O objetivo declarado é salvar vidas reduzindo acidentes causados por falta de atenção — e há mérito técnico nisso. Mas, como aponta o Notícias Automotivas, o timing da obrigatoriedade não poderia ser mais delicado: nos últimos anos, montadoras como GM, Honda e Hyundai foram flagradas coletando dados de comportamento de direção de seus clientes sem consentimento claro, informações que chegaram a ser repassadas a seguradoras e usadas para reajustar apólices. O caso da GM, em especial, expôs como telemetria aparentemente inofensiva pode se transformar em ferramenta de vigilância comercial.
É justamente esse histórico que alimenta o ceticismo de parte dos consumidores europeus diante do ADDW. Afinal, se dados de aceleração e frenagem já foram monetizados sem aviso, o que garante que imagens do interior do veículo terão destino diferente? O Notícias Automotivas destaca que a regulação europeia ainda não estabelece com clareza quem pode acessar as gravações, por quanto tempo elas ficam armazenadas e sob quais condições podem ser compartilhadas com terceiros — lacunas que preocupam especialistas em proteção de dados.
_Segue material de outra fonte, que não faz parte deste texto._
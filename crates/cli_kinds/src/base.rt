// What a type extends.

ghost use Rattle.std.specs.Prelude.{◌≡◌};
ghost use Rattle.cli_kinds.specs.Bases.{nothing, or_nothing, base_of};

use cli_types::Tokens;
use dc_base::{Token, TypeId};

/// A number that no list of types has, and so names nothing.
pub const NOTHING: TypeId = TypeId(u32::MAX);

// How many rows a token can tell of a table, with row 0.
const ROWS: u32 = 0x100_0000;

/// The type that another extends, by the token in its row: none where that is row 0, and a number that names nothing where the
/// token means no type.
pub fn base_of(tokens: &Tokens, token: Option<Token>) -> Option<TypeId>
    ensures { result ≡ base_of tokens.now token }
{
    let Some(token) = token else {
        return Some(NOTHING);
    };
    if token.0 % ROWS == 0 {
        return None;
    }
    Some(or_nothing(tokens.type_named(token)))
}

/// A type, or a number that names nothing.
pub fn or_nothing(found: Option<TypeId>) -> TypeId
    ensures { result ≡ or_nothing found }
{
    match found {
        Some(t) => t,
        None => NOTHING,
    }
}
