// What types are, by flags and bases.

use crate::{NOTHING, System, base_of, kind_of, system_of, underlying};
use class_rows::{Access, Kind, TypeRow};
use cli_lists::{Lists, rows_fit_tokens};
use cli_metadata::Metadata;
use cli_types::Tokens;
use dc_base::{Prim_, Seq, Text, Token, TypeId};
use std::alloc::Global;
use std::test::Fail;

#[test]
fn flags_and_bases_tell(rt: HostRuntime) {
    let system = System {
        enums: Some(TypeId(1)),
        delegates: Some(TypeId(2)),
        values: Some(TypeId(3)),
    };
    let rows = [
        (0x01, Some(TypeId(0)), Kind::Class),
        (0x81, Some(TypeId(0)), Kind::Class),
        (0x101, Some(TypeId(0)), Kind::Class),
        (0x181, Some(TypeId(0)), Kind::StaticClass),
        (0x101, Some(TypeId(1)), Kind::Enum(Prim_::U1)),
        (0x101, Some(TypeId(2)), Kind::Delegate),
        (0x101, Some(TypeId(3)), Kind::Opaque),
        (0x01, Some(NOTHING), Kind::Class),
        (0xA1, None, Kind::Interface),
    ];
    for (flags, base, kind) in rows {
        assert!(rt; kind_of(system, flags, base, Prim_::U1) == kind);
    }
}

#[test]
fn tokens_tell_bases(rt: HostRuntime) -> Result<(), Fail> {
    let tokens = Tokens {
        types: 2,
        own_from: 1,
        refs: Seq::of(Vec::from_slice(rt.alloc(), &[Some(TypeId(0)), None])?),
    };
    let rows = [
        (None, Some(NOTHING)),
        (Some(Token(0x0200_0000)), None),
        (Some(Token(0x0200_0002)), Some(TypeId(1))),
        (Some(Token(0x0100_0001)), Some(TypeId(0))),
        (Some(Token(0x0100_0002)), Some(NOTHING)),
        (Some(Token(0x1B00_0001)), Some(NOTHING)),
    ];
    for (token, base) in rows {
        assert_eq!(rt; base_of(&tokens, token), base);
    }
    Ok(())
}

fn class(alloc: Global, space: &str, name: &str, own: bool) -> Result<TypeRow, Fail> {
    Ok(TypeRow {
        name: Text::of(alloc, name)?,
        space: Text::of(alloc, space)?,
        outer: None,
        kind: Kind::Class,
        access: Access::Public,
        base: None,
        bases: Seq::of(Vec::new(alloc)),
        is_abstract: false,
        is_sealed: false,
        own,
    })
}

#[test]
fn references_have_the_bases(rt: HostRuntime) -> Result<(), Fail> {
    let alloc = rt.alloc();
    let mut types = Vec::new(alloc);
    types.push(class(alloc, "N", "Enum", false)?)?;
    types.push(class(alloc, "System", "Enum", true)?)?;
    types.push(class(alloc, "System", "Enum", false)?)?;
    types.push(class(alloc, "System", "ValueType", false)?)?;
    let system = system_of(types.as_slice());
    assert_eq!(rt; system.enums, Some(TypeId(2)));
    assert_eq!(rt; system.delegates, None);
    assert_eq!(rt; system.values, Some(TypeId(3)));
    Ok(())
}

// Metadata with the row <Module> of TypeDef and three more types: the first has a static field of a long and an instance field
// of a byte, the second an instance field of an array of bytes, the third none.
const WHOLE: [u8; 170] = [
    0x42, 0x53, 0x4A, 0x42, 0x01, 0x00, 0x01, 0x00, 0x00, 0x00, 0x00, 0x00, 0x04, 0x00, 0x00, 0x00,
    0x76, 0x34, 0x00, 0x00, 0x00, 0x00, 0x02, 0x00, 0x40, 0x00, 0x00, 0x00, 0x6A, 0x00, 0x00, 0x00,
    0x23, 0x7E, 0x00, 0x00, 0x34, 0x00, 0x00, 0x00, 0x0C, 0x00, 0x00, 0x00, 0x23, 0x42, 0x6C, 0x6F,
    0x62, 0x00, 0x00, 0x00, 0x00, 0x02, 0x06, 0x0A, 0x02, 0x06, 0x05, 0x03, 0x06, 0x1D, 0x05, 0x00,
    0x00, 0x00, 0x00, 0x00, 0x02, 0x00, 0x00, 0x01, 0x14, 0x00, 0x00, 0x00, 0x00, 0x00, 0x00, 0x00,
    0x00, 0x00, 0x00, 0x00, 0x00, 0x00, 0x00, 0x00, 0x04, 0x00, 0x00, 0x00, 0x03, 0x00, 0x00, 0x00,
    0x00, 0x00, 0x00, 0x00, 0x00, 0x00, 0x00, 0x00, 0x00, 0x00, 0x01, 0x00, 0x01, 0x00, 0x00, 0x00,
    0x00, 0x00, 0x00, 0x00, 0x00, 0x00, 0x00, 0x00, 0x01, 0x00, 0x01, 0x00, 0x00, 0x00, 0x00, 0x00,
    0x00, 0x00, 0x00, 0x00, 0x00, 0x00, 0x03, 0x00, 0x01, 0x00, 0x00, 0x00, 0x00, 0x00, 0x00, 0x00,
    0x00, 0x00, 0x00, 0x00, 0x04, 0x00, 0x01, 0x00, 0x10, 0x00, 0x00, 0x00, 0x01, 0x00, 0x00, 0x00,
    0x00, 0x00, 0x04, 0x00, 0x00, 0x00, 0x00, 0x00, 0x07, 0x00,
];

#[test]
fn instance_fields_tell_values(rt: HostRuntime) -> Result<(), Fail> {
    let metadata = Metadata::of(&WHOLE)?;
    assert!(rt; rows_fit_tokens(&metadata));
    let lists = Lists::of(rt.alloc(), &metadata)?;
    let rows: [(u32, Prim_); 4] = [
        (1, Prim_::I4),
        (2, Prim_::U1),
        (3, Prim_::I4),
        (4, Prim_::I4),
    ];
    for (n, prim) in rows {
        assert!(rt; 1 <= n);
        assert!(rt; n as usize <= lists.fields.cells.len());
        assert!(rt; underlying(&metadata, &lists.fields, n) == prim);
    }
    Ok(())
}
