// The type of an enum's values.

ghost use Rattle.std.specs.Prelude.{◌≡◌, ◌≤◌, ℕ, length, not, IfSome, IfNone};
ghost use Rattle.dc_causes.specs.First.{IsLeast};
ghost use Rattle.cli_metadata.specs.declared.tables.Table.TheVariants as tables;
ghost use Rattle.cli_metadata.specs.Metadata.{rows_of};
ghost use Rattle.cli_lists.specs.Lists.{IsListColumn};
ghost use Rattle.cli_flags.specs.Flags.{has};
ghost use Rattle.cli_flags.specs.declared.bits.MemberFlag.{MemberFlag};
ghost use Rattle.cli_kinds.specs.Underlying.{field_at, prim_alone, IsFieldRow, IsInstanceField, IsPrimOf, IsUnderlying};

use cli_flags::{MemberFlag, has_member_flag};
use cli_lists::ListColumn;
use cli_metadata::Metadata;
use cli_signature::{RawTy, field_sig};
use cli_tables::FieldRow;
use dc_base::Prim_;

/// The primitive type of the first instance field of row `n` of TypeDef, where it has one of a primitive type, and else int. It
/// takes the time of one look at each of its fields. `fields` is the list of fields of the metadata.
pub fn underlying(metadata: &Metadata, fields: &ListColumn, n: u32) -> Prim_
    requires column { IsListColumn fields.now }
    requires same { fields.now.rows ≡ rows_of metadata.now tables.Field }
    requires low { 1 ≤ n }
    requires high { n ≤ length fields.now.cells }
    ensures { IsUnderlying metadata.now fields.now n result }
{
    match first_instance(metadata, fields, n) {
        Some(f) => prim_of(metadata, metadata.row(f)).unwrap_or(Prim_::I4),
        None => Prim_::I4,
    }
}

// The first instance field of row n of TypeDef.
fn first_instance(metadata: &Metadata, fields: &ListColumn, n: u32) -> Option<u32>
    requires column { IsListColumn fields.now }
    requires same { fields.now.rows ≡ rows_of metadata.now tables.Field }
    requires low { 1 ≤ n }
    requires high { n ≤ length fields.now.cells }
    ensures some { IfSome result (λ f. IsLeast (IsInstanceField metadata.now fields.now n) f) }
    ensures there { IfSome result (IsFieldRow metadata.now) }
    ensures none { IfNone result ((f : ℕ) → IsInstanceField metadata.now fields.now n f → ⊥) }
{
    let list = fields.list(n);
    for f in list.start..list.end {
        if is_instance(metadata, f) {
            return Some(f);
        }
    }
    None
}

fn is_instance(metadata: &Metadata, f: u32) -> bool
    requires { IsFieldRow metadata.now f }
    ensures { result ≡ not (has MemberFlag.Static (field_at metadata.now f).flags) }
{
    let row: FieldRow = metadata.row(f);
    !has_member_flag(row.flags, MemberFlag::Static)
}

fn prim_of(metadata: &Metadata, row: FieldRow) -> Option<Prim_>
    ensures { IsPrimOf metadata.now row result }
{
    match metadata.blob(row.signature) {
        Ok(blob) => match field_sig(blob) {
            Ok(raw) => prim_alone(raw),
            Err(_) => None,
        },
        Err(_) => None,
    }
}

fn prim_alone(raw: RawTy) -> Option<Prim_>
    ensures { result ≡ prim_alone raw }
{
    if raw.lent || raw.arrays > 0 {
        return None;
    }
    match raw.element {
        0x02 => Some(Prim_::Bool),
        0x03 => Some(Prim_::Char),
        0x04 => Some(Prim_::I1),
        0x05 => Some(Prim_::U1),
        0x06 => Some(Prim_::I2),
        0x07 => Some(Prim_::U2),
        0x08 => Some(Prim_::I4),
        0x09 => Some(Prim_::U4),
        0x0A => Some(Prim_::I8),
        0x0B => Some(Prim_::U8),
        _ => None,
    }
}
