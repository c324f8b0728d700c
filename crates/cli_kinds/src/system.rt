// The types that tell what a type is by being its base.

ghost use Rattle.std.specs.Prelude.{◌≡◌, ◌<◌, ◌^◌, codes, length, None, Some};
ghost use Rattle.std.specs.Bool.{OnTrue, OnFalse};
ghost use Rattle.cli_kinds.specs.System.{IsSystemTypes, IsFirstSystem, IsSystemRow};

use class_rows::TypeRow;
use dc_base::TypeId;

/// System.Enum, System.MulticastDelegate and System.ValueType, where the references have them.
#[derive(Clone, Copy, Debug)]
pub struct System {
    pub enums: Option<TypeId>,
    pub delegates: Option<TypeId>,
    pub values: Option<TypeId>,
}

/// The three types among those of the references. It takes the time of three looks at each of these.
pub fn system_of(references: &[TypeRow]) -> System
    requires { length references.now < 2 ^ 32 }
    ensures { IsSystemTypes references.now result }
{
    System {
        enums: system_type(references, "Enum"),
        delegates: system_type(references, "MulticastDelegate"),
        values: system_type(references, "ValueType"),
    }
}

fn system_type(references: &[TypeRow], name: &str) -> Option<TypeId>
    requires { length references.now < 2 ^ 32 }
    ensures { IsFirstSystem references.now name.now result }
{
    for t in 0..references.len() {
        if is_system(&references[t], name) {
            return Some(TypeId(t as u32));
        }
    }
    None
}

fn is_system(row: &TypeRow, name: &str) -> bool
    ensures yes { OnTrue result (IsSystemRow name.now row.now) }
    ensures no { OnFalse result (IsSystemRow name.now row.now → ⊥) }
{
    !row.own && row.outer.is_none() && row.space.as_str() == "System" && row.name.as_str() == name
}
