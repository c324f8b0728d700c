// What a type is.

ghost use Rattle.std.specs.Prelude.{◌≡◌};
ghost use Rattle.cli_kinds.specs.Kinds.{is_base, kind_of};

use crate::System;
use class_rows::Kind;
use cli_flags::{TypeFlag, has_type_flag};
use dc_base::{Prim_, TypeId};

/// What a type with these flags and this base is; `values` is the type of its values where it is an enum.
pub fn kind_of(system: System, flags: u32, base: Option<TypeId>, values: Prim_) -> Kind
    ensures { result ≡ kind_of system flags base values }
{
    if has_type_flag(flags, TypeFlag::Interface) {
        return Kind::Interface;
    }
    if is_base(base, system.enums) {
        return Kind::Enum(values);
    }
    if is_base(base, system.delegates) {
        return Kind::Delegate;
    }
    if is_base(base, system.values) {
        return Kind::Opaque;
    }
    if has_type_flag(flags, TypeFlag::Abstract) && has_type_flag(flags, TypeFlag::Sealed) {
        return Kind::StaticClass;
    }
    Kind::Class
}

fn is_base(base: Option<TypeId>, system: Option<TypeId>) -> bool
    ensures { result ≡ is_base base system }
{
    match base {
        Some(base) => match system {
            Some(system) => base.0 == system.0,
            None => false,
        },
        None => false,
    }
}
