//! Least maps of facts that flow over instructions (ECMA-335 III.1.8.1).
#![tactic(auto)]
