//! What a type of the assembly itself is (ECMA-335 II.10.1, II.12 to II.14): an interface by its flag, an enum, a delegate or a
//! struct by the type that it extends, and else a class, which is static where it is both abstract and sealed.
//!
//! ```text
//! sealed, extends System.Enum, with the instance field value__ of a byte        an enum over byte
//! abstract, sealed, extends System.Object                                       a static class
//! ```
#![tactic(auto)]

mod base;
mod kind;
mod system;
#[cfg(test)]
mod tests;
mod values;

pub use base::{NOTHING, base_of, or_nothing};
pub use kind::kind_of;
pub use system::{System, system_of};
pub use values::underlying;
O debate chega em um momento em que o carro conectado deixou de ser tendência para se tornar padrão. Fabricantes argumentam que os sistemas são processados localmente e não transmitem vídeo para servidores externos, mas a desconfiança persiste. Para o mercado brasileiro, o episódio serve de antecipação: regulações similares costumam cruzar o Atlântico com alguns anos de defasagem, e a discussão sobre privacidade no automóvel ainda mal começou por aqui.